Однако тут, кмк, немного тепла, комфорта [и Чарльза] ему додать получилось.

Work Text:

Эрик видит сон. Или ему кажется, что он видит сон. Он всё хуже отличает сны от реальности, но разве мог он вернуться в этот дом на самом деле?

Пол в холле чуть поскрипывает под ногами, когда он делает шаг — второй, третий — внутрь. Так странно вновь прийти сюда. Дверь мягко хлопает за спиной, и полумрак вокруг сгущается, обнимает за плечи, подталкивает в спину, но Эрик всё стоит и стоит, ждёт, пока глаза окончательно не привыкают, и в тёмной дрожащей серости не проступает отчётливо широкая деревянная лестница.

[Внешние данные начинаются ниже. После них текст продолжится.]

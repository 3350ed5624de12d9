//! FOLLOW sets: the tokens that come right after a rule in some derived list.

ghost use Rattle.std.specs.Prelude.{◌≡◌, ℕ, ◌<◌, ◌↔◌, true, false, IsTrue, IfOk, OnOk, [], length, get_or, slice_set, replicate};
ghost use Rattle.cfg_theory.specs.Grammar.{rule, Grammar, IsEnd};
ghost use Rattle.cfg_numbered.specs.Symbols.{sym_of, syms_of};
ghost use Rattle.vob.specs.Sets.{is_set, joined_to, HasAllOf};
ghost use Rattle.cfg_sets.specs.Firsts.{AreFirsts};
ghost use Rattle.cfg_sets.specs.Follows.{FollowSets, HasFollow, AreFollows, AreFollowsSoundOf, HoldsFirsts, HoldsAll, HandsOn, FollowsGoOn, Hands, AddsFollows, HasSet, HasAll, added, follow_room};
ghost use Rattle.cfg_sets.specs.Orders.{IsOrder};
ghost use Rattle.vob.specs.Passes.{PassStep, Anything};

use crate::firsts::YaccFirsts;
use crate::orders::Order;
use crate::sets::TokenSets;
use crate::work_list::{WorkList, WorkTable, fill};
use cfg_base::index::IndexStorage;
use cfg_base::steps::Steps;
use cfg_base::symbol::{PIdx, RIdx, Symbol, TIdx};
use cfg_numbered::yacc::grammar::NumberedGrammar;
use cfg_theory::first::{first_tables_are_exact, follow_tables_are_exact};
use std::alloc::{AllocError, Global};
use std::marker::{Brand, Model, PhantomData};
use std::sync::ledger::{Blank, Ledger};
use vob::Vob;

/// FOLLOW sets of a grammar's rules.
#[derive(Drop)]
pub struct YaccFollows<S: IndexStorage> {
    follows: TokenSets,
    storage: PhantomData<S>,
}

impl<S: IndexStorage> Model for YaccFollows<S> {
    ghost use Rattle.cfg_sets.specs.Follows.{FollowSets};

    ghost Value = { FollowSets };

    ghost view = { λ s. record { tokens = s.follows.width; rows = s.follows.rows } };
}

impl<S: IndexStorage> YaccFollows<S> {
    /// Computes the FOLLOW sets of a grammar's rules (Aho, Sethi and Ullman 1986, section 4.4), whether a text's
    /// derivations reach them or not. The end token follows the start rule, and the rules that it derives last.
    pub fn new(alloc: Global, grm: &NumberedGrammar<S>) -> Result<Self, AllocError>
        ensures { IfOk result (λ f. AreFollows grm.now.grammar f) }
    {
        fill_with_blank::<S, Brand>(alloc, grm, Blank::new(1))
    }

    /// Returns the set of a rule: a bit for each token.
    pub fn follows(&self, ridx: RIdx<S>) -> &Vob
        requires { S.number ridx.0 < length self.now.rows }
        ensures bits { result.now.bits ≡ get_or self.now.rows (S.number ridx.0) [] }
        ensures width { length result.now.bits ≡ self.now.tokens }
    {
        self.follows.row(ridx.0.to_usize())
    }

    /// Returns whether the token is in the set of the rule.
    pub fn is_set(&self, ridx: RIdx<S>, tidx: TIdx<S>) -> bool
        requires rule { S.number ridx.0 < length self.now.rows }
        requires token { S.number tidx.0 < self.now.tokens }
        ensures { IsTrue result ↔ HasFollow self.now (S.number ridx.0) (S.number tidx.0) }
    {
        self.follows(ridx).get_unchecked(tidx.0.to_usize())
    }

    fn put(&mut self, rule: RIdx<S>, token: TIdx<S>)
        requires rule { S.number rule.0 < length self.old.rows }
        requires token { S.number token.0 < self.old.tokens }
        ensures tokens { self.new.tokens ≡ self.old.tokens }
        ensures rows { self.new.rows ≡ slice_set self.old.rows (S.number rule.0) (slice_set (get_or self.old.rows (S.number rule.0) []) (S.number token.0) true) }
    {
        self.follows.put(rule.0.to_usize(), token.0.to_usize());
    }

    /// Makes of `to` the set of a rule.
    fn copy_set(&self, rule: RIdx<S>, to: &mut Vob)
        requires rule { S.number rule.0 < length self.now.rows }
        requires width { length to.old.bits ≡ self.now.tokens }
        ensures width { length to.new.bits ≡ self.now.tokens }
        ensures bits { (t : ℕ) → IsTrue (is_set to.new.bits t) ↔ HasFollow self.now (S.number rule.0) t }
    {
        to.set_all(false);
        to.or(self.follows.row(rule.0.to_usize()));
    }

    /// Adds the tokens to the set of a rule, and returns whether that changed it.
    fn add_tokens(&mut self, rule: RIdx<S>, tokens: &Vob) -> bool
        requires within { S.number rule.0 < length self.old.rows }
        requires width { length tokens.now.bits ≡ self.old.tokens }
        ensures tokens { self.new.tokens ≡ self.old.tokens }
        ensures rows { self.new.rows ≡ joined_to self.old.rows (S.number rule.0) tokens.now.bits }
        ensures width_was { length (get_or self.old.rows (S.number rule.0) []) ≡ self.old.tokens }
        ensures steps { PassStep follow_room (λ s. HasAllOf (S.number rule.0) tokens.now.bits s.rows) self.old self.new result }
    {
        self.follows.join(rule.0.to_usize(), tokens)
    }

    /// Adds the tokens to the set of a symbol, if it is a rule, and returns whether that changed it.
    fn add_behind(&mut self, symbol: Symbol<S>, tokens: &Vob) -> bool
        requires within { HasSet self.old (sym_of S.number symbol) }
        requires width { length tokens.now.bits ≡ self.old.tokens }
        ensures tokens { self.new.tokens ≡ self.old.tokens }
        ensures rows { self.new.rows ≡ added self.old.rows (sym_of S.number symbol) tokens.now.bits }
        ensures steps { PassStep follow_room (λ s. HasAll s (sym_of S.number symbol) tokens.now.bits) self.old self.new result }
    {
        match symbol {
            Symbol::Rule(rule) => self.add_tokens(rule, tokens),
            Symbol::Token(_) => false,
        }
    }

    /// Adds to the set of each rule of a production what begins behind the rule there, and what follows the
    /// production's rule where all behind is nullable.
    fn take_prod(
        &mut self,
        grm: &NumberedGrammar<S>,
        firsts: &YaccFirsts<S>,
        pidx: PIdx<S>,
        behind: &mut Vob,
    )
        requires production { S.number pidx.0 < length grm.now.grammar.productions }
        requires firsts { AreFirsts grm.now.grammar firsts.now }
        requires sound { AreFollowsSoundOf grm.now.grammar self.old behind.old.bits }
        ensures sound { AreFollowsSoundOf grm.now.grammar self.new behind.new.bits }
        ensures kept { (A t : ℕ) → HasFollow self.old A t → HasFollow self.new A t }
        ensures firsts { HoldsFirsts grm.now.grammar firsts.now self.new (S.number pidx.0) }
    {
        grm.stays_well_formed();
        let symbols = grm.prod(pidx);
        self.copy_set(grm.prod_to_rule(pidx), behind);
        'back: for index in 0..symbols.len() {
            let symbol = symbols[symbols.len() - 1 - index];
            self.add_behind(symbol, behind);
            firsts.put_before(symbol, behind);
        }
    }

    /// Adds the set of one rule to that of another, by way of `row`, and returns whether that changed it.
    fn add_row(&mut self, to: RIdx<S>, from: RIdx<S>, row: &mut Vob) -> bool
        requires to { S.number to.0 < length self.old.rows }
        requires from { S.number from.0 < length self.old.rows }
        requires width { length row.old.bits ≡ self.old.tokens }
        ensures width { length row.new.bits ≡ self.old.tokens }
        ensures added { AddsFollows (S.number from.0) (S.number to.0) self.old self.new }
        ensures steps { PassStep follow_room Anything self.old self.new result }
    {
        self.copy_set(from, row);
        self.add_tokens(to, row)
    }

    /// Adds what follows one rule to what follows another, which enters the list where that changed its set.
    fn hand_to(
        &mut self,
        from: RIdx<S>,
        to: RIdx<S>,
        row: &mut Vob,
        work: &mut WorkList,
    ) -> Result<(), AllocError>
        requires to { S.number to.0 < length self.old.rows }
        requires from { S.number from.0 < length self.old.rows }
        requires width { length row.old.bits ≡ self.old.tokens }
        requires work { work.old.rules ≡ length self.old.rows }
        ensures width { OnOk result (length row.new.bits ≡ self.old.tokens) }
        ensures handed { OnOk result (Hands (S.number from.0) (rule (S.number to.0)) self.old self.new work.old work.new) }
    {
        if !self.add_row(to, from, row) {
            return Ok(());
        }
        work.put(to.0.to_usize())?;
        Ok(())
    }

    /// Adds what follows one rule to what follows a symbol, if that is a rule.
    fn hand_to_symbol(
        &mut self,
        from: RIdx<S>,
        symbol: Symbol<S>,
        row: &mut Vob,
        work: &mut WorkList,
    ) -> Result<(), AllocError>
        requires within { HasSet self.old (sym_of S.number symbol) }
        requires from { S.number from.0 < length self.old.rows }
        requires width { length row.old.bits ≡ self.old.tokens }
        requires work { work.old.rules ≡ length self.old.rows }
        ensures width { OnOk result (length row.new.bits ≡ self.old.tokens) }
        ensures handed { OnOk result (Hands (S.number from.0) (sym_of S.number symbol) self.old self.new work.old work.new) }
    {
        match symbol {
            Symbol::Rule(to) => self.hand_to(from, to, row, work),
            Symbol::Token(_) => Ok(()),
        }
    }

    /// Hands what follows a production's rule on to the rules behind which all is nullable. Those whose sets that
    /// changes enter the list.
    fn hand_on(
        &mut self,
        grm: &NumberedGrammar<S>,
        firsts: &YaccFirsts<S>,
        pidx: PIdx<S>,
        row: &mut Vob,
        work: &mut WorkList,
    ) -> Result<(), AllocError>
        requires production { S.number pidx.0 < length grm.now.grammar.productions }
        requires firsts { AreFirsts grm.now.grammar firsts.now }
        requires sound { AreFollowsSoundOf grm.now.grammar self.old row.old.bits }
        requires work { work.old.rules ≡ grm.now.grammar.rules }
        ensures sound { OnOk result (AreFollowsSoundOf grm.now.grammar self.new row.new.bits) }
        ensures went_on { OnOk result (FollowsGoOn grm.now.grammar firsts.now self.old self.new work.old work.new) }
        ensures here { OnOk result (HandsOn grm.now.grammar firsts.now self.new (S.number pidx.0)) }
    {
        grm.stays_well_formed();
        let symbols = grm.prod(pidx);
        let head = grm.prod_to_rule(pidx);
        'back: for index in 0..symbols.len() {
            let symbol = symbols[symbols.len() - 1 - index];
            self.hand_to_symbol(head, symbol, row, work)?;
            if !firsts.is_nullable(symbol) {
                return Ok(());
            }
        }
        Ok(())
    }
}

/// FOLLOW sets that are being filled.
#[derive(Drop)]
struct Filling<'a, S: IndexStorage> {
    grm: &'a NumberedGrammar<S>,
    firsts: &'a YaccFirsts<S>,
    follows: YaccFollows<S>,
    row: Vob,
}

impl<'a, S: IndexStorage> WorkTable for Filling<'a, S> {
    ghost use Rattle.std.specs.Prelude.{◌≡◌, length, refl};
    ghost use Rattle.std.proofs.Common.{◌∙◌};
    ghost use Rattle.cfg_sets.specs.Firsts.{AreFirsts};
    ghost use Rattle.cfg_sets.specs.Follows.{AreFollowsSoundOf, HoldsAll, AreFollowsClosedBut, follow_room};

    ghost rules = { λ s. s.grm.now.grammar.rules };

    ghost is_sound = { λ s. AreFollowsSoundOf s.grm.now.grammar s.follows s.row.bits × AreFirsts s.grm.now.grammar s.firsts.now × HoldsAll s.grm.now.grammar s.firsts.now s.follows };

    ghost room = { λ s. follow_room s.follows };

    ghost is_closed_but = { λ s list. AreFollowsClosedBut s.grm.now.grammar s.firsts.now s.follows list };

    ghost is_of_same = { λ s t. (t.grm.now ≡ s.grm.now) × (t.firsts.now ≡ s.firsts.now) };

    ghost same_refl = { λ s. (refl, refl) };

    ghost same_trans = { λ s t u h k. (k.0 ∙ h.0, k.1 ∙ h.1) };

    fn take(&mut self, rule: usize, work: &mut WorkList) -> Result<(), AllocError> {
        let prods = self.grm.rule_to_prods(self.grm.rule_at(rule));
        'prods: for index in 0..prods.len() {
            self.follows
                .hand_on(self.grm, self.firsts, prods[index], &mut self.row, work)?;
        }
        Ok(())
    }
}

impl<'a, S: IndexStorage> Filling<'a, S> {
    /// Begins with the end token in the set of the start rule.
    fn new(
        alloc: Global,
        grm: &'a NumberedGrammar<S>,
        firsts: &'a YaccFirsts<S>,
    ) -> Result<Filling<'a, S>, AllocError>
        ensures grammar { IfOk result (λ f. f.grm.now ≡ grm.now) }
        ensures firsts { IfOk result (λ f. f.firsts.now ≡ firsts.now) }
        ensures sound { IfOk result (λ f. AreFollowsSoundOf grm.now.grammar f.follows f.row.bits) }
        ensures end { IfOk result (λ f. (t : ℕ) → IsEnd grm.now.grammar t → HasFollow f.follows 0 t) }
    {
        let rules = grm.rules_len().0.to_usize();
        let tokens = grm.tokens_len().0.to_usize();
        let row = Vob::from_elem(alloc, false, tokens)?;
        let mut follows = YaccFollows {
            follows: TokenSets::empty(alloc, rules, tokens)?,
            storage: PhantomData,
        };
        follows.put(grm.start_rule_idx(), grm.eof_token_idx());
        Ok(Filling {
            grm,
            firsts,
            follows,
            row,
        })
    }

    /// Goes through all productions once, from the end of the order.
    fn start(&mut self, mut order: Order)
        requires order { IsOrder (length self.old.grm.now.grammar.productions) order }
        requires sound { AreFollowsSoundOf self.old.grm.now.grammar self.old.follows self.old.row.bits }
        requires firsts { AreFirsts self.old.grm.now.grammar self.old.firsts.now }
        requires end { (t : ℕ) → IsEnd self.old.grm.now.grammar t → HasFollow self.old.follows 0 t }
        ensures grammar { self.new.grm.now ≡ self.old.grm.now }
        ensures firsts { self.new.firsts.now ≡ self.old.firsts.now }
        ensures sound { AreFollowsSoundOf self.old.grm.now.grammar self.new.follows self.new.row.bits }
        ensures holds { HoldsAll self.old.grm.now.grammar self.old.firsts.now self.new.follows }
    {
        'prods: loop {
            let Some(number) = order.pop() else {
                return;
            };
            let pidx = self.grm.prod_at(number);
            self.follows
                .take_prod(self.grm, self.firsts, pidx, &mut self.row);
        }
    }
}

/// Computes the FOLLOW sets of a grammar's rules, with a step for each rule that is taken from the work list.
fn fill_follows<S: IndexStorage, L: Ledger>(
    alloc: Global,
    grm: &NumberedGrammar<S>,
    steps: &mut Steps<L>,
) -> Result<YaccFollows<S>, AllocError>
    ensures { IfOk result (λ f. AreFollows grm.now.grammar f) }
{
    let firsts = YaccFirsts::new(alloc, grm)?;
    let filled = fill_over(alloc, grm, &firsts, steps);
    drop(firsts);
    filled
}

/// Computes the FOLLOW sets over the FIRST sets.
fn fill_over<S: IndexStorage, L: Ledger>(
    alloc: Global,
    grm: &NumberedGrammar<S>,
    firsts: &YaccFirsts<S>,
    steps: &mut Steps<L>,
) -> Result<YaccFollows<S>, AllocError>
    requires { AreFirsts grm.now.grammar firsts.now }
    ensures { IfOk result (λ f. AreFollows grm.now.grammar f) }
{
    first_tables_are_exact();
    follow_tables_are_exact();
    grm.stays_well_formed();
    let order = Order::named_first(alloc, grm)?;
    let mut work = WorkList::full(alloc, grm.rules_len().0.to_usize())?;
    let mut filling = Filling::new(alloc, grm, firsts)?;
    filling.start(order);
    match fill(&mut filling, &mut work, steps) {
        Ok(()) => Ok(filling.follows),
        Err(e) => {
            drop(filling);
            Err(e)
        }
    }
}

/// Computes the FOLLOW sets without a step counter.
fn fill_with_blank<S: IndexStorage, L: Ledger>(
    alloc: Global,
    grm: &NumberedGrammar<S>,
    blank: Blank,
) -> Result<YaccFollows<S>, AllocError>
    requires name { blank.name ≡ L.name }
    requires parts { blank.parts ≡ L.parts }
    requires one { blank.parts ≡ 1 }
    ensures { IfOk result (λ f. AreFollows grm.now.grammar f) }
{
    let mut steps = Steps::<L>::new(blank);
    fill_follows(alloc, grm, &mut steps)
}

Тогда он продолжает движение вперёд, замершее, прерванное, оборванное, точно звон гитарной струны под дрогнувшей, соскользнувшей рукой, и половицы снова поскрипывают — то ли приветствуют, то ли обвиняют.

Нет. Эрик не будет думать. Эрика и вовсе здесь нет — есть лишь бледная тусклая тень, что может скользнуть вверх по ступеням почти не дыша, почти не касаясь, почти не существуя, потому что она не может — не должна — существовать. Не в этом мире. Не в этом доме. Доме, давящем на плечи, глядящем пустыми окнами в спину. Там, за окнами — мрачный замерший сад, ухоженные громады кустов, совсем дикие этой ночью, впиваются в него звериными злыми взглядами. Ветер колышет их ветви; ветви шепчут, ветви шепчут правду, но Эрик делает вид, что не слышит ничего из-за толстых каменных стен.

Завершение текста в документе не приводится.